Intelligent Analysis Fractional Inequalities And Approximations Expanded


Download Intelligent Analysis Fractional Inequalities And Approximations Expanded PDF/ePub or read online books in Mobi eBooks. Click Download or Read Online button to get Intelligent Analysis Fractional Inequalities And Approximations Expanded book now. This website allows unlimited access to, at the time of writing, more than 1.5 million titles, including hundreds of thousands of titles in various foreign languages.

Download

Intelligent Analysis: Fractional Inequalities and Approximations Expanded


Intelligent Analysis: Fractional Inequalities and Approximations Expanded

Author: George A. Anastassiou

language: en

Publisher: Springer Nature

Release Date: 2020-01-15


DOWNLOAD





This book focuses on computational and fractional analysis, two areas that are very important in their own right, and which are used in a broad variety of real-world applications. We start with the important Iyengar type inequalities and we continue with Choquet integral analytical inequalities, which are involved in major applications in economics. In turn, we address the local fractional derivatives of Riemann–Liouville type and related results including inequalities. We examine the case of low order Riemann–Liouville fractional derivatives and inequalities without initial conditions, together with related approximations. In the next section, we discuss quantitative complex approximation theory by operators and various important complex fractional inequalities. We also cover the conformable fractional approximation of Csiszar’s well-known f-divergence, and present conformable fractional self-adjoint operator inequalities. We continue by investigating new local fractional M-derivatives that share all the basic properties of ordinary derivatives. In closing, we discuss the new complex multivariate Taylor formula with integral remainder. Sharing results that can be applied in various areas of pure and applied mathematics, the book offers a valuable resource for researchers and graduate students, and can be used to support seminars in related fields.

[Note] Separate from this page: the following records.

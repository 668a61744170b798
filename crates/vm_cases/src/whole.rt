// Floor, Ceil, Trunc and Abs through a whole call: what they give is stored, so that its bits show.
use crate::code::CaseFile;
use crate::floats::{NAN, ONE, THREE, TWO};
use crate::op::{Op, ToRecord};
use crate::report::{Tally, agrees};
use crate::run::Set;
use crate::seen::Seen;
use eval::machine::Outcome;

// The four, in the order of a number's results.
const FOUR: [Op; 4] = [Op::Floor, Op::Ceil, Op::Trunc, Op::Abs];

// The constant that the record meets, and the post that it may have.
const N: u8 = 13;

const P: u8 = 1;

const MINUS_ZERO: u32 = 0x8000_0000;

const MINUS_ONE: u32 = 0xBF80_0000;

const MINUS_TWO: u32 = 0xC000_0000;

const MINUS_THREE: u32 = 0xC040_0000;

const HALF: u32 = 0x3F00_0000;

const MINUS_HALF: u32 = 0xBF00_0000;

const ONE_AND_HALF: u32 = 0x3FC0_0000;

const TWO_AND_HALF: u32 = 0x4020_0000;

const INFINITY: u32 = 0x7F80_0000;

const MINUS_INFINITY: u32 = 0xFF80_0000;

// 2^23 - 1, 2^23 - 0.5 and 2^23.
const ONE_BELOW: u32 = 0x4AFF_FFFE;

const HALF_BELOW: u32 = 0x4AFF_FFFF;

const LIMIT: u32 = 0x4B00_0000;

// Posts: a scale and an offset.
const TRIPLE: (u32, u32) = (THREE, HALF);

const DOUBLE: (u32, u32) = (TWO, MINUS_ZERO);

const TURNED: (u32, u32) = (MINUS_TWO, 0x40E0_0000);

pub fn cases(tally: &mut Tally) {
    halves(tally);
    below_one(tally);
    last_halves(tally);
    whole_already(tally);
    nans(tally);
    posts(tally);
    roundings(tally);
    unpaid(tally);
}

// ---- a number's four results

// A zero has the sign of what it was made of, and of Abs it has none.
fn halves(tally: &mut Tally) {
    let minus = [MINUS_ZERO, MINUS_ZERO, MINUS_ZERO, 0];
    four(tally, "whole numbers of +0.0", 0, [0; 4]);
    four(tally, "whole numbers of -0.0", MINUS_ZERO, minus);
    let minus = [MINUS_ONE, MINUS_ZERO, MINUS_ZERO, HALF];
    four(tally, "whole numbers of 0.5", HALF, [0, ONE, 0, HALF]);
    four(tally, "whole numbers of -0.5", MINUS_HALF, minus);
    let plus = [ONE, TWO, ONE, ONE_AND_HALF];
    let minus = [MINUS_TWO, MINUS_ONE, MINUS_ONE, ONE_AND_HALF];
    four(tally, "whole numbers of 1.5", ONE_AND_HALF, plus);
    four(tally, "whole numbers of -1.5", 0xBFC0_0000, minus);
    let plus = [TWO, THREE, TWO, TWO_AND_HALF];
    let minus = [MINUS_THREE, MINUS_TWO, MINUS_TWO, TWO_AND_HALF];
    four(tally, "whole numbers of 2.5", TWO_AND_HALF, plus);
    four(tally, "whole numbers of -2.5", 0xC020_0000, minus);
}

// Magnitudes below 1.
fn below_one(tally: &mut Tally) {
    let numbers = [
        ("the smallest subnormal", 1),
        ("the largest subnormal", 0x007F_FFFF),
        ("the smallest normal number", 0x0080_0000),
        ("the number below 0.5", 0x3EFF_FFFF),
        ("the number below 1", 0x3F7F_FFFF),
    ];
    for (name, number) in numbers {
        let plus = makes(number, [0, ONE, 0, number]);
        let minus = [MINUS_ONE, MINUS_ZERO, MINUS_ZERO, number];
        let ok = plus && makes(number | MINUS_ZERO, minus);
        tally.verdict(format_args!("whole numbers of {name}, both signs"), ok);
    }
}

// About 2^22 and 2^23, where the last halves are.
fn last_halves(tally: &mut Tally) {
    let plus = [0x4A80_0000, 0x4A80_0002, 0x4A80_0000, 0x4A80_0001];
    let minus = [0xCA80_0002, 0xCA80_0000, 0xCA80_0000, 0x4A80_0001];
    four(tally, "whole numbers of 2^22 + 0.5", 0x4A80_0001, plus);
    four(tally, "whole numbers of -2^22 - 0.5", 0xCA80_0001, minus);
    let plus = [ONE_BELOW, LIMIT, ONE_BELOW, HALF_BELOW];
    let minus = [0xCB00_0000, 0xCAFF_FFFE, 0xCAFF_FFFE, HALF_BELOW];
    four(tally, "whole numbers of 2^23 - 0.5", HALF_BELOW, plus);
    four(tally, "whole numbers of 0.5 - 2^23", 0xCAFF_FFFF, minus);
}

// What is whole already, and infinity.
fn whole_already(tally: &mut Tally) {
    let numbers = [
        ("1", ONE),
        ("3", THREE),
        ("2^23 - 1", ONE_BELOW),
        ("2^23", LIMIT),
        ("2^23 + 1", 0x4B00_0001),
        ("2^24", 0x4B80_0000),
        ("the largest number", 0x7F7F_FFFF),
        ("infinity", INFINITY),
    ];
    for (name, number) in numbers {
        let minus = number | MINUS_ZERO;
        let ok = makes(number, [number; 4]) && makes(minus, [minus, minus, minus, number]);
        tally.verdict(format_args!("whole numbers of {name}, both signs"), ok);
    }
}

fn nans(tally: &mut Tally) {
    let quiet = [
        0x7FC0_0000,
        0x7FC0_0001,
        0x7FFF_FFFF,
        0xFFC0_0000,
        0xFFC0_0001,
    ];
    let signalling = [0x7F80_0001, 0x7FBF_FFFF, 0xFF80_0001, 0xFFBF_FFFF];
    let ok = quiet.iter().all(|&n| makes(n, [NAN; 4]));
    tally.verdict("whole numbers of quiet NaNs, both signs", ok);
    let ok = signalling.iter().all(|&n| makes(n, [NAN; 4]));
    tally.verdict("whole numbers of signalling NaNs, both signs", ok);
}

fn four(tally: &mut Tally, name: &str, number: u32, results: [u32; 4]) {
    tally.verdict(name, makes(number, results));
}

// Whether the four give these results of a number: under post 0, and under both identities beside it.
fn makes(number: u32, results: [u32; 4]) -> bool {
    let mut made = FOUR.into_iter().zip(results);
    made.all(|(op, want)| {
        stores(op, 0, number, (ONE, 0), want)
            && stores(op, P, number, (ONE, 0), want)
            && stores(op, P, number, (ONE, MINUS_ZERO), want)
    })
}

// Whether what is left of the record is stored, and stays in the accumulator. `scale` and `offset` are those of post P.
fn stores(op: Op, post: u8, number: u32, (scale, offset): (u32, u32), left: u32) -> bool {
    let code = [
        Op::Const.with(u32::from(N)),
        op.alone().posted(post),
        Op::StoreVar.with(1),
        Op::End.alone(),
    ];
    let file = CaseFile::new(&code).constant(N, number);
    let want = Seen::done(4, left).stored(u64::from(left));
    agrees(&file.post(P, scale, offset), Set::plain(), want)
}

// ---- a post that computes: the product and the sum, each rounded

fn posts(tally: &mut Tally) {
    let floor = stores(Op::Floor, P, MINUS_HALF, TRIPLE, 0xC020_0000);
    let ceil = stores(Op::Ceil, P, MINUS_HALF, TRIPLE, HALF);
    let trunc = stores(Op::Trunc, P, MINUS_HALF, TURNED, 0x40E0_0000);
    let abs = stores(Op::Abs, P, MINUS_HALF, TRIPLE, TWO);
    tally.verdict(
        "whole numbers of -0.5, posted",
        floor && ceil && trunc && abs,
    );
    // A zero's sign is there until the sum, and behind it where the offset has it too.
    let ceil = stores(Op::Ceil, P, MINUS_HALF, DOUBLE, MINUS_ZERO);
    let trunc = stores(Op::Trunc, P, MINUS_HALF, DOUBLE, MINUS_ZERO);
    let floor = stores(Op::Floor, P, HALF, DOUBLE, 0);
    tally.verdict("a whole zero's sign, posted", ceil && trunc && floor);
    let floor = stores(Op::Floor, P, INFINITY, TURNED, MINUS_INFINITY);
    let abs = stores(Op::Abs, P, MINUS_INFINITY, TURNED, MINUS_INFINITY);
    tally.verdict("infinities, posted", floor && abs);
    let nan = FOUR
        .into_iter()
        .all(|op| stores(op, P, 0xFF80_0001, TRIPLE, NAN));
    let made = stores(Op::Floor, P, HALF, (INFINITY, 0), NAN);
    tally.verdict("a NaN, posted and made by a post", nan && made);
}

// 2^23 - 1 and 2^23 - 0.5, times 3: the product is rounded before 0.5 is added.
fn roundings(tally: &mut Tally) {
    let floor = stores(Op::Floor, P, HALF_BELOW, TRIPLE, 0x4BBF_FFFE);
    let trunc = stores(Op::Trunc, P, HALF_BELOW, TRIPLE, 0x4BBF_FFFE);
    let ceil = stores(Op::Ceil, P, HALF_BELOW, TRIPLE, 0x4BC0_0000);
    let abs = stores(Op::Abs, P, HALF_BELOW, TRIPLE, 0x4BBF_FFFF);
    tally.verdict(
        "whole numbers of 2^23 - 0.5, posted",
        floor && trunc && ceil && abs,
    );
}

// ---- the charge

// Under a step limit of 1 the record's charge is forbidden, and the accumulator stays.
fn unpaid(tally: &mut Tally) {
    let ok = FOUR.into_iter().all(|op| {
        let code = [Op::Const.with(u32::from(N)), op.alone()];
        let file = CaseFile::new(&code).constant(N, 0xC020_0000);
        let want = Seen::ended(Outcome::Steps, 1, 0xC020_0000);
        agrees(&file, Set::plain().step_limit(1), want)
    });
    tally.verdict("whole numbers, step limit 1", ok);
}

New Trends in Fractional Differential Equations with Real-World Applications in Physics


New Trends in Fractional Differential Equations with Real-World Applications in Physics

Author: Jagdev Singh

language: en

Publisher: Frontiers Media SA

Release Date: 2020-12-30


DOWNLOAD





This eBook is a collection of articles from a Frontiers Research Topic. Frontiers Research Topics are very popular trademarks of the Frontiers Journals Series: they are collections of at least ten articles, all centered on a particular subject. With their unique mix of varied contributions from Original Research to Review Articles, Frontiers Research Topics unify the most influential researchers, the latest key findings and historical advances in a hot research area! Find out more on how to host your own Frontiers Research Topic or contribute to one as an author by contacting the Frontiers Editorial Office: frontiersin.org/about/contact.

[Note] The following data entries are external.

// DivGuard at 2^-23 and just below it, in both signs and both choices.
use crate::code::CaseFile;
use crate::floats::NAN;
use crate::op;
use crate::op::{Op, ToRecord};
use crate::report::{Tally, agrees};
use crate::run::Set;
use crate::seen::Seen;
use program::instr::Divisor;

// 2^-23 and its negative, by their bits.
const GUARD: u32 = 0x3400_0000;

const MINUS_GUARD: u32 = 0xB400_0000;

// The choices: the divisor is pushed as it is, or without its sign.
const SIGNED: u8 = Divisor::Signed as u8;

const ABSOLUTE: u8 = Divisor::Absolute as u8;

pub fn cases(tally: &mut Tally) {
    let positive = pushed(GUARD, GUARD);
    let negative = pushed(MINUS_GUARD, MINUS_GUARD);
    let turned = pushed(MINUS_GUARD, GUARD);
    let jumped = Seen::done(4, 0);
    let cases = [
        ("signed 34000000 pushed", op::GUARD, SIGNED, positive),
        ("absolute 34000000 pushed", op::GUARD, ABSOLUTE, positive),
        ("signed B4000000 pushed", op::MINUS_GUARD, SIGNED, negative),
        (
            "absolute B4000000 pushed",
            op::MINUS_GUARD,
            ABSOLUTE,
            turned,
        ),
        ("signed 33FFFFFF jumps", op::BELOW, SIGNED, jumped),
        ("absolute 33FFFFFF jumps", op::BELOW, ABSOLUTE, jumped),
        ("signed B3FFFFFF jumps", op::MINUS_BELOW, SIGNED, jumped),
        ("absolute B3FFFFFF jumps", op::MINUS_BELOW, ABSOLUTE, jumped),
        ("signed NaN pushed", op::NAN, SIGNED, pushed(NAN, NAN)),
    ];
    for (name, constant, choice, want) in cases {
        let ok = agrees(&guarded(constant, choice), Set::plain(), want);
        tally.verdict(format_args!("DivGuard {name}"), ok);
    }
}

// Const, DivGuard 3, End, Post, End.
fn guarded(constant: u32, choice: u8) -> CaseFile {
    CaseFile::new(&[
        Op::Const.with(constant),
        Op::DivGuard.with(3).choosing(choice),
        Op::End.alone(),
        Op::Post.alone(),
        Op::End.alone(),
    ])
}

fn pushed(acc: u32, top: u32) -> Seen {
    Seen::done(3, acc).stack(1, top, top)
}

Parametrized, Deformed and General Neural Networks


Parametrized, Deformed and General Neural Networks

Author: George A. Anastassiou

language: en

Publisher: Springer Nature

Release Date: 2023-09-29


DOWNLOAD





In this book, we introduce the parametrized, deformed and general activation function of neural networks. The parametrized activation function kills much less neurons than the original one. The asymmetry of the brain is best expressed by deformed activation functions. Along with a great variety of activation functions, general activation functions are also engaged. Thus, in this book, all presented is original work by the author given at a very general level to cover a maximum number of different kinds of neural networks: giving ordinary, fractional, fuzzy and stochastic approximations. It presents here univariate, fractional and multivariate approximations. Iterated sequential multi-layer approximations are also studied. The functions under approximation and neural networks are Banach space valued.